Stored data:

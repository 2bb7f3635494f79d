//! The contents of an Element.

ghost use Rattle.std.specs.Prelude.{◌≡◌, ◌≤◌, ◌<◌, ◌+◌, ◌==◌, ◌++◌, ◌∷◌, [], length, slice_get, find, flat_map, filter, take, drop, position, OnOk, OnErr, MatchOption, IsOk, Some};
ghost use Rattle.std.specs.Option.{option_copied};
ghost use Rattle.tree_format.specs.Node.{id_of, nodes_of, depth_all, deepest};
ghost use Rattle.tree_format.specs.NormalForm.{octets, longest};
ghost use Rattle.tree_format.specs.Changes.{without, with_child, placed_at, HasChild};

use crate::tree::Tree;
use crate::tree::writing::LONGEST;
use std::alloc::{AllocError, Global};

// Content of an Element in memory: bytes of a leaf, or children of a master.
#[cycle(tree)]
#[derive(Drop)]
pub(super) enum Content {
    Body(Vec<u8>),
    Children(Vec<Tree>),
}

impl Content {
    ghost use Rattle.ebml_tree.specs.View.{kids_of, octets_in, IsKids, HasKids};

    /// Returns the children in the content of a tree; none for a leaf. `Tree::children` returns them.
    pub(super) fn kids(&self) -> &[Tree]
        ensures { result.now ≡ kids_of self.now }
    {
        match self {
            Content::Body(_) => &[],
            Content::Children(trees) => trees.as_slice(),
        }
    }

    /// Returns the children by value when a tree is taken apart; none for a leaf. `Tree::into_children` calls it.
    pub(super) fn into_kids(self) -> Vec<Tree>
        ensures { result.items ≡ kids_of self }
    {
        match self {
            Content::Body(body) => Vec::new(*body.allocator()),
            Content::Children(trees) => trees,
        }
    }

    /// Returns the bytes in the content of a leaf; none for a master. `Tree::body` returns them.
    pub(super) fn body(&self) -> &[u8]
        ensures { result.now ≡ octets_in self.now }
    {
        match self {
            Content::Body(body) => body.as_slice(),
            Content::Children(_) => &[],
        }
    }

    /// Returns the allocator that the content uses. `put` makes its buffer with it.
    pub(super) fn alloc(&self) -> Global {
        match self {
            Content::Body(body) => *body.allocator(),
            Content::Children(trees) => *trees.allocator(),
        }
    }

    /// Appends `child` to the children of a master, for `Tree::push`. If memory runs out, the children stay as they
    /// were.
    pub(super) fn push(&mut self, child: Tree) -> Result<(), AllocError>
        requires { IsKids self.old }
        ensures ok { OnOk result (HasKids self.new (kids_of self.old ++ child ∷ [])) }
        ensures err { OnErr result (HasKids self.new (kids_of self.old)) }
    {
        match self {
            Content::Body(_) => unreachable!(),
            Content::Children(trees) => {
                trees.push(child)?;
                Ok(())
            }
        }
    }

    /// Puts `child` in the place of the first child with its ID and removes the others with this ID, or appends it, for
    /// `Tree::set`. It fails only if memory runs out for appending; the children then stay as they were.
    pub(super) fn set(&mut self, child: Tree) -> Result<(), AllocError>
        requires { IsKids self.old }
        ensures ok { OnOk result (HasKids self.new (with_child child (kids_of self.old))) }
        ensures err { OnErr result (HasKids self.new (kids_of self.old)) }
        ensures replaced { HasChild (id_of child) (kids_of self.old) → IsOk result }
    {
        match self {
            Content::Body(_) => unreachable!(),
            Content::Children(trees) => set_in(trees, child),
        }
    }

    /// Removes all children with the ID `id` from a master, for `Tree::remove`.
    pub(super) fn remove(&mut self, id: u32)
        requires { IsKids self.old }
        ensures { HasKids self.new (without id (kids_of self.old)) }
    {
        match self {
            Content::Body(_) => unreachable!(),
            Content::Children(trees) => remove_all(trees, id),
        }
    }
}

// Replaces the first of `trees` with the child's ID by `child` and removes the others with this ID, or appends `child`.
// `Content::set` does it on the children.
fn set_in(trees: &mut Vec<Tree>, child: Tree) -> Result<(), AllocError>
    ensures ok { OnOk result (trees.new.items ≡ with_child child trees.old.items) }
    ensures err { OnErr result (trees.new.items ≡ trees.old.items) }
    ensures replaced { HasChild (id_of child) trees.old.items → IsOk result }
{
    match place_of(trees.as_slice(), child.id()) {
        Some(k) => {
            put_at(trees, k, child);
            Ok(())
        }
        None => {
            trees.push(child)?;
            Ok(())
        }
    }
}

// Returns the index of the first of `trees` with the ID `id`, counted from 0, or None if there is none. `set_in`
// replaces it.
fn place_of(trees: &[Tree], id: u32) -> Option<usize>
    ensures exact { result ≡ position (λ n. id_of n == id) trees.now }
    ensures inside { MatchOption result (Unit {0}) (λ k. k < length trees.now) }
{
    trees.iter().position(|tree| tree.id() == id)
}

// Replaces the tree at the index `k` of `trees` by `child`, and removes all later ones with its ID, for `set_in`.
fn put_at(trees: &mut Vec<Tree>, k: usize, child: Tree)
    requires { k < length trees.old.items }
    ensures { trees.new.items ≡ placed_at child trees.old.items (Some k) }
{
    let id = child.id();
    trees[k] = child;
    remove_from(trees, k + 1, id);
}

// Removes the trees with the ID `id` from `trees`, starting at the index `from`, for `put_at`. The other trees keep
// their order.
fn remove_from(trees: &mut Vec<Tree>, from: usize, id: u32)
    requires { from ≤ length trees.old.items }
    ensures { trees.new.items ≡ take from trees.old.items ++ without id (drop from trees.old.items) }
{
    let mut kept = from;
    for k in from..trees.len() {
        if trees[k].id() != id {
            trees.swap(kept, k);
            kept += 1;
        }
    }
    trees.truncate(kept);
}

// Removes all trees with the ID `id` from `trees`, the children of a master. `Content::remove` calls it.
fn remove_all(trees: &mut Vec<Tree>, id: u32)
    ensures { trees.new.items ≡ without id trees.old.items }
{
    trees.retain(|tree| tree.id() != id);
}

// Returns the number of bytes of all `trees` as they are written, in their normal form. `Tree::remove` counts the rest
// so.
#[tactic(auto, using(crate::proofs::LoopLemmas::rest))]
pub(super) fn written_together(trees: &[Tree]) -> u64
    requires { length (flat_map octets trees.now) ≤ longest }
    ensures { result ≡ length (flat_map octets trees.now) }
{
    let mut sum = 0;
    for tree in trees {
        sum += tree.written_len();
    }
    sum
}

// Returns the number of bytes of `trees` as they are written, except the ones with the ID `id`. `Tree::set` counts what
// stays beside the new child.
#[tactic(auto, using(crate::proofs::LoopLemmas::others))]
pub(super) fn written_without(id: u32, trees: &[Tree]) -> u64
    requires { length (flat_map octets trees.now) ≤ longest }
    ensures { result ≡ length (flat_map octets (without id trees.now)) }
{
    let mut sum = 0;
    for tree in trees {
        if tree.id() != id {
            sum += tree.written_len();
        }
    }
    sum
}

// Returns the number of bytes of all `trees` as they are written, or None if the content of an Element can't have that
// number. `of_children` requires it of each master that is read.
#[tactic(auto, using(crate::proofs::LoopLemmas::rest))]
pub(super) fn written_within(trees: &[Tree]) -> Option<u64>
    ensures { MatchOption result (Unit {0}) (λ sum. (sum ≡ length (flat_map octets trees.now)) × (sum ≤ longest)) }
{
    let mut sum = 0;
    for tree in trees {
        sum += tree.written_len();
        if sum > LONGEST {
            return None;
        }
    }
    Some(sum)
}

// Returns the number of nested masters of a master around `trees`, itself included: 1 if `trees` are leaves. Kept in
// each tree that is read or changed. Used by `set`, `remove` and others.
#[tactic(auto, using(crate::proofs::LoopLemmas::rest))]
pub(super) fn depth_around(trees: &[Tree]) -> u8
    requires { depth_all (nodes_of trees.now) < deepest }
    ensures { result ≡ depth_all (nodes_of trees.now) + 1 }
{
    let mut most = 0;
    for tree in trees {
        most = tree.depth().max(most);
    }
    most + 1
}

// Returns the first of `trees`, the children of a master, with the ID `id`, or None if there is none. `Tree::child`
// returns it.
pub(super) fn first_of(trees: &[Tree], id: u32) -> Option<&Tree>
    ensures { option_copied result ≡ find (λ n. id_of n == id) trees.now }
{
    trees.iter().find(|tree| tree.id() == id)
}

/// Returns the tree at the index `k` of `trees`, counted from 0, or None if there is none. `Tree::at` reads its
/// children with it.
pub(super) fn tree_at(trees: &[Tree], k: usize) -> Option<&Tree>
    ensures { option_copied result ≡ slice_get trees.now k }
{
    trees.get(k)
}

// Returns the tree with the number `k`, counted from 0, among the ones of `trees` with the ID `id`. `Tree::nth` reads
// its children with it.
pub(super) fn nth_of(trees: &[Tree], id: u32, k: usize) -> Option<&Tree>
    ensures { option_copied result ≡ slice_get (filter (λ n. id_of n == id) trees.now) k }
{
    let mut before = k;
    for tree in trees {
        if tree.id() == id {
            if before == 0 {
                return Some(tree);
            }
            before -= 1;
        }
    }
    None
}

Brief: How many of the lines above include the word "MatchOption"? Only the number should be given.

Task output: 3